THE TASK:
Locate the line that contains "filename crates/fuse_listing/src/columns.rt" in the entries below, then repeat it and every following line through the line that contains "one. Takes no memory.", exactly, and no others.

###

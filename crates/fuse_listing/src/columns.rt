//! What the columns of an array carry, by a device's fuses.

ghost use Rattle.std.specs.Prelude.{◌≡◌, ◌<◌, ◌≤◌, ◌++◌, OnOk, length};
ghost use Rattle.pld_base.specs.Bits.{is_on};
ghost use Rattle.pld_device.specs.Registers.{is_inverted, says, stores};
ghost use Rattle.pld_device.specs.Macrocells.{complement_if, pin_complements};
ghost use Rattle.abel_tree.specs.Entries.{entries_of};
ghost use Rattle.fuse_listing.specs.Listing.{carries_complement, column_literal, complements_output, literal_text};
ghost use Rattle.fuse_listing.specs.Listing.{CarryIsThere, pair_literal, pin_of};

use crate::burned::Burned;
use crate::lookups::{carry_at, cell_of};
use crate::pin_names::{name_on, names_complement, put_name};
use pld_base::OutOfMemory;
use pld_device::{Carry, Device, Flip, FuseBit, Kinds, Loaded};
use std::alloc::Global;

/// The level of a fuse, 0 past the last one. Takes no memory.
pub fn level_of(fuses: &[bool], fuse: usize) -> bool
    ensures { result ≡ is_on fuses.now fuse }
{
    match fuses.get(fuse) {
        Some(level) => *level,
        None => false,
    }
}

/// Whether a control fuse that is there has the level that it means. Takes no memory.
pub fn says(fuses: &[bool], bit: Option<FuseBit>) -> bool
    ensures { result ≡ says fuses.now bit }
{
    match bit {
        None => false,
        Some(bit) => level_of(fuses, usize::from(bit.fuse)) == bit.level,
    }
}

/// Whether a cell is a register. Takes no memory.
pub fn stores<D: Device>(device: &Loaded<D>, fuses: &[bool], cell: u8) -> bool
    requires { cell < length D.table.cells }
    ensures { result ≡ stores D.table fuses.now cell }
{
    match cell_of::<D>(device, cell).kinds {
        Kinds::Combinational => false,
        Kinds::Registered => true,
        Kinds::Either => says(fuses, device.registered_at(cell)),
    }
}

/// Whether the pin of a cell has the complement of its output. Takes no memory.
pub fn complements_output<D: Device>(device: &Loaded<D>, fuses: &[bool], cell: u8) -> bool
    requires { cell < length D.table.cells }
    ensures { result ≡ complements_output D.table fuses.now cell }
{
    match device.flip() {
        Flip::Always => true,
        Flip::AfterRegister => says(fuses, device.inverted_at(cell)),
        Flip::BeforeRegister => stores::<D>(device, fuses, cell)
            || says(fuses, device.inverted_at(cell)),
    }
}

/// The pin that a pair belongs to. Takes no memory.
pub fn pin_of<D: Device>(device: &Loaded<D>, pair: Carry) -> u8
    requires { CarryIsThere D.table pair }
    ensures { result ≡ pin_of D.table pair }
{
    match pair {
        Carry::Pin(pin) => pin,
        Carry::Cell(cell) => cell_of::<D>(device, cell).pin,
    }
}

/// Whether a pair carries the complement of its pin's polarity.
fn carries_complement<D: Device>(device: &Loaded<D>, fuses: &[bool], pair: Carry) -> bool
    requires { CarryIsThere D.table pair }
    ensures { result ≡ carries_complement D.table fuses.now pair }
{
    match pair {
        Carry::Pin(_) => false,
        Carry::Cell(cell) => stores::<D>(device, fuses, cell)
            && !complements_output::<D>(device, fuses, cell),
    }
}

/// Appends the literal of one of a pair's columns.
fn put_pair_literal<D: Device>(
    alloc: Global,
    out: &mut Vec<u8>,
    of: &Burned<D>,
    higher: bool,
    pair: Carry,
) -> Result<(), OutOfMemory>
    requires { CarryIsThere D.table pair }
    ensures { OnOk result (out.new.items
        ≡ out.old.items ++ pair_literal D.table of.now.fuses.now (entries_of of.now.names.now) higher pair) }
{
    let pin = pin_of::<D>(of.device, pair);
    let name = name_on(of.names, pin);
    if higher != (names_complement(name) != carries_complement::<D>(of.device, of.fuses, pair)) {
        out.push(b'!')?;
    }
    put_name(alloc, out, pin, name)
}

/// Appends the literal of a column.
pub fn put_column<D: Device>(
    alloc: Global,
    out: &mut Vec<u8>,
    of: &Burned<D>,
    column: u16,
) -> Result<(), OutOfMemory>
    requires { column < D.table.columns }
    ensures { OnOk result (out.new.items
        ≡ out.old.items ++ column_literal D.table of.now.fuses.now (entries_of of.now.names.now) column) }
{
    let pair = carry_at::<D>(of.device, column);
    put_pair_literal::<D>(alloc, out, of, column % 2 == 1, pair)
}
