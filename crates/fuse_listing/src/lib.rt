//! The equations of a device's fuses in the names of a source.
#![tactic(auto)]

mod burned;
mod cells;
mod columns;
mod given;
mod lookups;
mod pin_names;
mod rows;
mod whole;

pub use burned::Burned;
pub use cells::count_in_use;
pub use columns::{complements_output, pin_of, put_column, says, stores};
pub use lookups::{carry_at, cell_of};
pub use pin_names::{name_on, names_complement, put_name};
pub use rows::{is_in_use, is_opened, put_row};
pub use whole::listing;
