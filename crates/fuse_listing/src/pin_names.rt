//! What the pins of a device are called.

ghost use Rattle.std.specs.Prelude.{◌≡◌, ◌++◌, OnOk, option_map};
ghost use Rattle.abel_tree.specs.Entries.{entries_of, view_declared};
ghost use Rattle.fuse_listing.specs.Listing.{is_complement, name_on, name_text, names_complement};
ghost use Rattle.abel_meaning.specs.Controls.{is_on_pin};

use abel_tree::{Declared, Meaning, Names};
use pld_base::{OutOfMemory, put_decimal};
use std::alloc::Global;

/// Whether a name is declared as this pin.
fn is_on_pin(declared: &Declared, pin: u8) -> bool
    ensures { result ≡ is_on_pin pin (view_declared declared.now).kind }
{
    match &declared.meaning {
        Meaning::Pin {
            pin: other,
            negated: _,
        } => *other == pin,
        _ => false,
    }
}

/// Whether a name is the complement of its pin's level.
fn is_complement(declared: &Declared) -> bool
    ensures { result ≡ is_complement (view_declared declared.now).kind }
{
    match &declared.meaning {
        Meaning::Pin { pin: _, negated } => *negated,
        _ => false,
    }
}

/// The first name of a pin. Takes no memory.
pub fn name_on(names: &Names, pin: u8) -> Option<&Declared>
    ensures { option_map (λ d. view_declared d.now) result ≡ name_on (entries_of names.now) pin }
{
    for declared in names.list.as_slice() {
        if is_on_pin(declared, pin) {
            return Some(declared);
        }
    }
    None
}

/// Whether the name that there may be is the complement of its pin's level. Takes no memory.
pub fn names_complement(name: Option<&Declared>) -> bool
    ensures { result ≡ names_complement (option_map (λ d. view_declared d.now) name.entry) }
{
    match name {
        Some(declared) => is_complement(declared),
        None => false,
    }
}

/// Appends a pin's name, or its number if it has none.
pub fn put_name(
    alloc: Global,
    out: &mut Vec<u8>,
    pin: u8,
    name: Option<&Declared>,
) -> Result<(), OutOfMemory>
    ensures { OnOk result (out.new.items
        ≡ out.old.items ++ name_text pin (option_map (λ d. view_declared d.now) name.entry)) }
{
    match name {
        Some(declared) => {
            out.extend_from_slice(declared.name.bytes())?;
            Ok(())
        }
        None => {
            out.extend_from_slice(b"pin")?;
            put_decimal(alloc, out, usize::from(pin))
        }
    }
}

###

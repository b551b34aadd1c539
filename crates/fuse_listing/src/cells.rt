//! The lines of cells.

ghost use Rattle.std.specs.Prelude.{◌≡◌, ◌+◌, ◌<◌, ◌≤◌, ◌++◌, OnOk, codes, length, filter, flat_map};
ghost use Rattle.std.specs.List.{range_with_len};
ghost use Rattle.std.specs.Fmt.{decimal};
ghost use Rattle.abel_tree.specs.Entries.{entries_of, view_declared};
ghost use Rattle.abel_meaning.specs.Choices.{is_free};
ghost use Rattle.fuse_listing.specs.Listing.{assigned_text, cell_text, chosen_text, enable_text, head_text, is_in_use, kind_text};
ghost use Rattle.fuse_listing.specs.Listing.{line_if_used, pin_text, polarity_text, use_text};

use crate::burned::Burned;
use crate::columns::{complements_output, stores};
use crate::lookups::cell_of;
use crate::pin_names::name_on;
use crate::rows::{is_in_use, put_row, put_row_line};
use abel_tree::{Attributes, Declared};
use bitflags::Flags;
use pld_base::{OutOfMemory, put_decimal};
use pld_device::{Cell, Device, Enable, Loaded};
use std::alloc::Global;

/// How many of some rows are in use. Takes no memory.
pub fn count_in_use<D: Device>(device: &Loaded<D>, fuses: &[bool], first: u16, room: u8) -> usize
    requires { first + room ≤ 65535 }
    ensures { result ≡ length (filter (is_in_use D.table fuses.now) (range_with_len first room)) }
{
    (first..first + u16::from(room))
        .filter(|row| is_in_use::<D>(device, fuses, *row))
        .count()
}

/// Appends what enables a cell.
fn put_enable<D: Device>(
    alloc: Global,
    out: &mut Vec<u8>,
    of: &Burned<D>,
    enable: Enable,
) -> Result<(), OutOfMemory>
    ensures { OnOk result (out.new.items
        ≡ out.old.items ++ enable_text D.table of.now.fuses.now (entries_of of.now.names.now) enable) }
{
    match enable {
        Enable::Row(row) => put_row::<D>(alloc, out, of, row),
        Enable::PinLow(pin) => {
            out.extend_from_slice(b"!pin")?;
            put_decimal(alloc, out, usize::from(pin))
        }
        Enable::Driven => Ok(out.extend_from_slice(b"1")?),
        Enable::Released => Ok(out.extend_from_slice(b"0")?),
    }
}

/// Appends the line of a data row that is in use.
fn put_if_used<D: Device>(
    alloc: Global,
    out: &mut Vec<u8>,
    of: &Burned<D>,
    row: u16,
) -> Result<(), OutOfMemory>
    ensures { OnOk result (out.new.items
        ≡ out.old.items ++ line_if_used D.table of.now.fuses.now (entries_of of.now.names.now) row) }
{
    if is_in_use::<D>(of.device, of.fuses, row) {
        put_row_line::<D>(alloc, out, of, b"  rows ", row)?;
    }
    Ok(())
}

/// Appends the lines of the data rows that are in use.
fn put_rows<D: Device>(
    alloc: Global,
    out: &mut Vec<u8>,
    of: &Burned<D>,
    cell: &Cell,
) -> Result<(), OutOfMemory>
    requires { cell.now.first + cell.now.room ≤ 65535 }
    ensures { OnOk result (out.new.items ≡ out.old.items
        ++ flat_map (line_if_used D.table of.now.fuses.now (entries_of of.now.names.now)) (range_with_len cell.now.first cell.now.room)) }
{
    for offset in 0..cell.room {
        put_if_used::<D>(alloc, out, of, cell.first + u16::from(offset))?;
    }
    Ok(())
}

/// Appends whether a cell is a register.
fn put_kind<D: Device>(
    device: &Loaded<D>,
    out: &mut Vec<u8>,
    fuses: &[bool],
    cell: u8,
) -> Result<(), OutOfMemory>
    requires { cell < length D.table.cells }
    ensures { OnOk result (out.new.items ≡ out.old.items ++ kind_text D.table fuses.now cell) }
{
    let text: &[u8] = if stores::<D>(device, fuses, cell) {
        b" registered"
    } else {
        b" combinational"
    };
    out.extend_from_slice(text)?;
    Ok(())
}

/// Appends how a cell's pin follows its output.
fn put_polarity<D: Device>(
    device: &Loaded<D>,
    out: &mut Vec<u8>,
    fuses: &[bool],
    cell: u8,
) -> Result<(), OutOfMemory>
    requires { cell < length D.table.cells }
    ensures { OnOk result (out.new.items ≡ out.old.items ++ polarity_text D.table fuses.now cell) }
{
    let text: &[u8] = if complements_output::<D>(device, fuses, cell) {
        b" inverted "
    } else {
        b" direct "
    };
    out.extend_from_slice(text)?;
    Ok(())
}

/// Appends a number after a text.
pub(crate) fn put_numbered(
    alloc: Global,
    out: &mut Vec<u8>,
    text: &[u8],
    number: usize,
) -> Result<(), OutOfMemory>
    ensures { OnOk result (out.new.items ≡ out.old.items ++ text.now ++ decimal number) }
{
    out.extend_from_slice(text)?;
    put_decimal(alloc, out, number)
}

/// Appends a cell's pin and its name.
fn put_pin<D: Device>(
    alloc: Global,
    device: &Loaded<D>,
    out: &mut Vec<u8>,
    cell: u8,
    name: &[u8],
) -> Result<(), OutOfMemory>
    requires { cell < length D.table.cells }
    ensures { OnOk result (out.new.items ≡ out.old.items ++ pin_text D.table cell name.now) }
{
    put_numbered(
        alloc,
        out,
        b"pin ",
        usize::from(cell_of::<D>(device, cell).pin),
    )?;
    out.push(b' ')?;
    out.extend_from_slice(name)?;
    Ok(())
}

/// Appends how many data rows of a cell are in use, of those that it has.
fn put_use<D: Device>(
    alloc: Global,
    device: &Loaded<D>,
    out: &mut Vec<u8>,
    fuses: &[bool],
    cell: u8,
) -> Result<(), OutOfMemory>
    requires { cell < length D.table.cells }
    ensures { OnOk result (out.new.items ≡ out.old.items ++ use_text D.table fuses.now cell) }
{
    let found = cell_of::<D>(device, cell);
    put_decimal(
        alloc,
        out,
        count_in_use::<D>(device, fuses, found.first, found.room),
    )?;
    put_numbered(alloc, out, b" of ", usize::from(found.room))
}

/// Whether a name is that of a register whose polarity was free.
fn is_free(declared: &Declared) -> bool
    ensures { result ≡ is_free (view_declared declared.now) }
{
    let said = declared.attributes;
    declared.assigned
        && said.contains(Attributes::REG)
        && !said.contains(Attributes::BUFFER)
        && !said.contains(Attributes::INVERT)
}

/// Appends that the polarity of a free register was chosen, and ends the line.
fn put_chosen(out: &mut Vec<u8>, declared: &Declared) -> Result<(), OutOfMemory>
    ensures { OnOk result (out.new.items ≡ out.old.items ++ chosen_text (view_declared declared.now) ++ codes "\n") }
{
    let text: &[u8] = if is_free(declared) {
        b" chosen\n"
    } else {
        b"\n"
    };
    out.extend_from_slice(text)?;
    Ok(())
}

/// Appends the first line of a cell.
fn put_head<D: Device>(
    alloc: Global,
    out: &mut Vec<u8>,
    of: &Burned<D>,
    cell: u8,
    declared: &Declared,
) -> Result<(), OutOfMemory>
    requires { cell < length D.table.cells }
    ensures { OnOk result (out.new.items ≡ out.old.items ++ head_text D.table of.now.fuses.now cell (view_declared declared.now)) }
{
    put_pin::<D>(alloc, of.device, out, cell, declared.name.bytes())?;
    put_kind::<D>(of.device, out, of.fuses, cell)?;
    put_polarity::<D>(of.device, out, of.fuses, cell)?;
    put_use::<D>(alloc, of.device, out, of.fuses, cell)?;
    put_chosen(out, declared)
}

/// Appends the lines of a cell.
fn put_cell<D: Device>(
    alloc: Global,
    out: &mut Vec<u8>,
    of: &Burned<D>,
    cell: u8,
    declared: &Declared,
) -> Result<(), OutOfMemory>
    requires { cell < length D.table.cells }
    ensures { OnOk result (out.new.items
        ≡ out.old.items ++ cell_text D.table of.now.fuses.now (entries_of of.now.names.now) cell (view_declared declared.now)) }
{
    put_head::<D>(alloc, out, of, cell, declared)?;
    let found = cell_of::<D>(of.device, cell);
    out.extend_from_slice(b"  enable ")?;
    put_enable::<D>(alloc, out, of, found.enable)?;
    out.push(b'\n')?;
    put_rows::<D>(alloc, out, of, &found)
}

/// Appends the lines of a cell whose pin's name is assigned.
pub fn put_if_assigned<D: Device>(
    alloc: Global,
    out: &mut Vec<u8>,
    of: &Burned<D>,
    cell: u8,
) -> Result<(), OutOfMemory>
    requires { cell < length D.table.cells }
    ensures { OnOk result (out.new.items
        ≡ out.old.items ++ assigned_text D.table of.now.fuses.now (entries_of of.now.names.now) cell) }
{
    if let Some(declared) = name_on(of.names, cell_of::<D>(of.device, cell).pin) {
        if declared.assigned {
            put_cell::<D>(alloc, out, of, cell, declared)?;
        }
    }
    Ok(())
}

###

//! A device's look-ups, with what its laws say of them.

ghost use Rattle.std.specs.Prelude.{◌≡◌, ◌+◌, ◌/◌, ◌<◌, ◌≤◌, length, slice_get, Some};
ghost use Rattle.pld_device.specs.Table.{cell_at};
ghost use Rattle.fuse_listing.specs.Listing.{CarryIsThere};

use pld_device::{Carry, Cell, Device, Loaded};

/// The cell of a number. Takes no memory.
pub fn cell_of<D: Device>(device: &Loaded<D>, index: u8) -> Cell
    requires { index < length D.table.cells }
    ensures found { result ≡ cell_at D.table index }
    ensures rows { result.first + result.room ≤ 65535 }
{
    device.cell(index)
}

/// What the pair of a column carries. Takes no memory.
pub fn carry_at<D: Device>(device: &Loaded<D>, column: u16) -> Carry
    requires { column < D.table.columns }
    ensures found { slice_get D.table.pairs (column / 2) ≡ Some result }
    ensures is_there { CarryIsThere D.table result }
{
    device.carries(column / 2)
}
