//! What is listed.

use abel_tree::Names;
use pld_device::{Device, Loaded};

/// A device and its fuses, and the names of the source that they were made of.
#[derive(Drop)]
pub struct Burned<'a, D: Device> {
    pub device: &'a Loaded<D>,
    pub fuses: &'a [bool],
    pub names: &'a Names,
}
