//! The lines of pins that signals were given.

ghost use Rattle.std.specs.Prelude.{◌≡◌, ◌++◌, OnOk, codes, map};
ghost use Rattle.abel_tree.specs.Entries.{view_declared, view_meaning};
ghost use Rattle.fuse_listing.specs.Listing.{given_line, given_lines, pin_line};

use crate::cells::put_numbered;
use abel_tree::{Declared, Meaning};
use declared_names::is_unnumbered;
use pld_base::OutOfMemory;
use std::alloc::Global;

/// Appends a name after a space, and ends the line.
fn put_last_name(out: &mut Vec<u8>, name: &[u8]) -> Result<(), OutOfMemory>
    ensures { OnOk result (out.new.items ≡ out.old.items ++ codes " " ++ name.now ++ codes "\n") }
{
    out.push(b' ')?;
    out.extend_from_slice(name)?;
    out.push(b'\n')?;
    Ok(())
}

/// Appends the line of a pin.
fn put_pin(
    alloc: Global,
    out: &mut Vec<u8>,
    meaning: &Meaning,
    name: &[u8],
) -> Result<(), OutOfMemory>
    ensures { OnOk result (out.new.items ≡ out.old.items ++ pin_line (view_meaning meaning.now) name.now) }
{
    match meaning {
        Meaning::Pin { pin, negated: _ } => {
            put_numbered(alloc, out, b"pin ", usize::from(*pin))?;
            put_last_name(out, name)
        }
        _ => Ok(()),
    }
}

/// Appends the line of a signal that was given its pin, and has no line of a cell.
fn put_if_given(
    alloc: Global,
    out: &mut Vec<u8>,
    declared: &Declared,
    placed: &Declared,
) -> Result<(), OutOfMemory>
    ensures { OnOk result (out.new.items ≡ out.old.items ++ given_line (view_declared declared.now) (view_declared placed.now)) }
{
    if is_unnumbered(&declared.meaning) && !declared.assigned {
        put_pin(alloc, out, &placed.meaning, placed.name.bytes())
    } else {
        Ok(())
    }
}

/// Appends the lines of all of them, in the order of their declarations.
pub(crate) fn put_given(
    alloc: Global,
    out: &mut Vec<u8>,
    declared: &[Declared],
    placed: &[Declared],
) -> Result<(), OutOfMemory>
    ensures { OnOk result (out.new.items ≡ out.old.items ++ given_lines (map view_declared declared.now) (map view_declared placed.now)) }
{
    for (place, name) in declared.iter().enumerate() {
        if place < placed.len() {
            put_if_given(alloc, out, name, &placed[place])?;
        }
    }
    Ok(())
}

###

YOUR SOLUTION:
filename crates/fuse_listing/src/columns.rt
//! What the columns of an array carry, by a device's fuses.

ghost use Rattle.std.specs.Prelude.{◌≡◌, ◌<◌, ◌≤◌, ◌++◌, OnOk, length};
ghost use Rattle.pld_base.specs.Bits.{is_on};
ghost use Rattle.pld_device.specs.Registers.{is_inverted, says, stores};
ghost use Rattle.pld_device.specs.Macrocells.{complement_if, pin_complements};
ghost use Rattle.abel_tree.specs.Entries.{entries_of};
ghost use Rattle.fuse_listing.specs.Listing.{carries_complement, column_literal, complements_output, literal_text};
ghost use Rattle.fuse_listing.specs.Listing.{CarryIsThere, pair_literal, pin_of};

use crate::burned::Burned;
use crate::lookups::{carry_at, cell_of};
use crate::pin_names::{name_on, names_complement, put_name};
use pld_base::OutOfMemory;
use pld_device::{Carry, Device, Flip, FuseBit, Kinds, Loaded};
use std::alloc::Global;

/// The level of a fuse, 0 past the last one. Takes no memory.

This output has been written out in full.